Grid Research Integration Deployment and Support Center 

Home
GRIDS Essentials
Grid Ecosystem
Training & Support
Documentation
Workshop 2005
News & Outreach
Downloads
Running Condor-G in NMI

Condor-G is part of the NSF Middleware Initiative (NMI) All Bundle and can be used to schedule work flows. While Condor-G should work immediately, there may be a few things that you will need to configure.
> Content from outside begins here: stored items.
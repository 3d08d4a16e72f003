//! What a walk looks for.

/// A text that a walk looks for.
#[derive(Drop)]
pub(crate) struct Sought<'a> {
    pub(crate) text: &'a [u8],
    /// The payload of its head.
    pub(crate) head: [u64; 16],
    /// The number from which its place is taken.
    pub(crate) hash: u64,
}
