//! What a directory puts into its slots.
ghost use Rattle.directory_law.specs.Bytes.{IsPiece, piece_weight};
ghost use Rattle.directory_law.proofs.Bytes.{piece_bounded};

use protocol_pairs::PayloadKind;

/// Heads and parts of texts of 1 to 4,096 bytes.
///
/// Word 0 of a head is the text's length; words 1 to 15 hold its first 120 bytes, eight in a word, the first byte
/// lowest, and then zeros. Word 0 of a part is 65,536 and the number of its bytes, 1 to 120, which its other words
/// hold. An object weighs as much as it holds bytes.
#[derive(Clone, Copy, Debug, Drop)]
pub struct RecordKind;

impl PayloadKind for RecordKind {
    ghost fits = { IsPiece };

    ghost weight = { piece_weight };

    fn weigh(payload: &[u64; 16]) -> u64 {
        if payload[0] > 65536 {
            payload[0] - 65536
        } else {
            payload[0].min(120)
        }
    }

    ghost bounded = { piece_bounded };
}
This document provides a guide to configuration tasks and validation for the installed Condor application.

Overview

We will look at:

  • Verifying that Condor-G is running
  • Examining the Condor-G configuration file
  • Submitting and tracking a job
  • Reviewing problems that might be encountered and their fixes
Condor Configuration

When running the main Condor server you normally have several daemons:

   daemon 12699 1 0 Nov18 ? 00:09:23 ./condor_master
		   
   daemon 24670 12699 0 Nov19 ? 00:01:22 condor_collector -f
		   
   daemon 24671 12699 0 Nov19 ? 00:00:44 condor_negotiator -f
		   
   daemon 24672 12699 0 Nov19 ? 00:07:47 condor_startd -f
		   
   daemon 24673 12699 0 Nov19 ? 00:00:12 condor_schedd f

However, when running Condor-G that comes bundle with the NMI software stack, you will only have two daemons running:

   condor_master 

condor_schedd

To verify that this is the case, run:

   # ps -ef | grep condor_
		
   daemon186401 0 Nov01 ?00:03:50 /usr/local/nmi51//sbin/condor_master
		   
   daemon 18641 18640 0 Nov01 ? 00:00:27 condor_schedd f

In most cases, Condor-G should work as installed with the NMI All Bundle. After installing the bundle, start the Condor-G daemon set by issuing the following command:

   $ $GLOBUS_LOCATION/sbin/condor_master

The condor_master script starts the other daemons that are configured to run as part of the Condor-G setup. It also runs in the background, checking to make sure that all of the daemons stay up and running. If a daemon dies, condor_master will attempt to restart the daemon.

How Condor-G runs is determined by the settings in the condor configuration file. This file is normally found in: $GLOBUS_LOCATION/etc/condor_config. You need to set an environment variable, CONDOR_CONFIG, to point to the actual location of this file. As stated, Condor-G should be ready to run jobs after being installed as part of the NMI bundle. However, you may want to check a few values in the condor_config file.

   HOSTALLOW_READ


   HOSTALLOW_WRITE

These values can be either searched for in the condor_config file, or you can use the condor_config_val utility. As defined in the condor_config file, the setting of these values mean:

READ access

Machines listed as allow (and/or not listed as deny) can view the status of your pool but cannot join your pool or run jobs. By default, without these entries customized, you are granting READ access to the whole world. You may want to restrict that to hosts in your domain. If possible, please also grant READ access to "*.cs.wisc.edu", so the Condor developers will be able to view the status of your pool and more easily help you install, configure or debug your Condor installation. It is important to have this defined.

WRITE access

Machines listed here can join your pool, submit jobs, etc.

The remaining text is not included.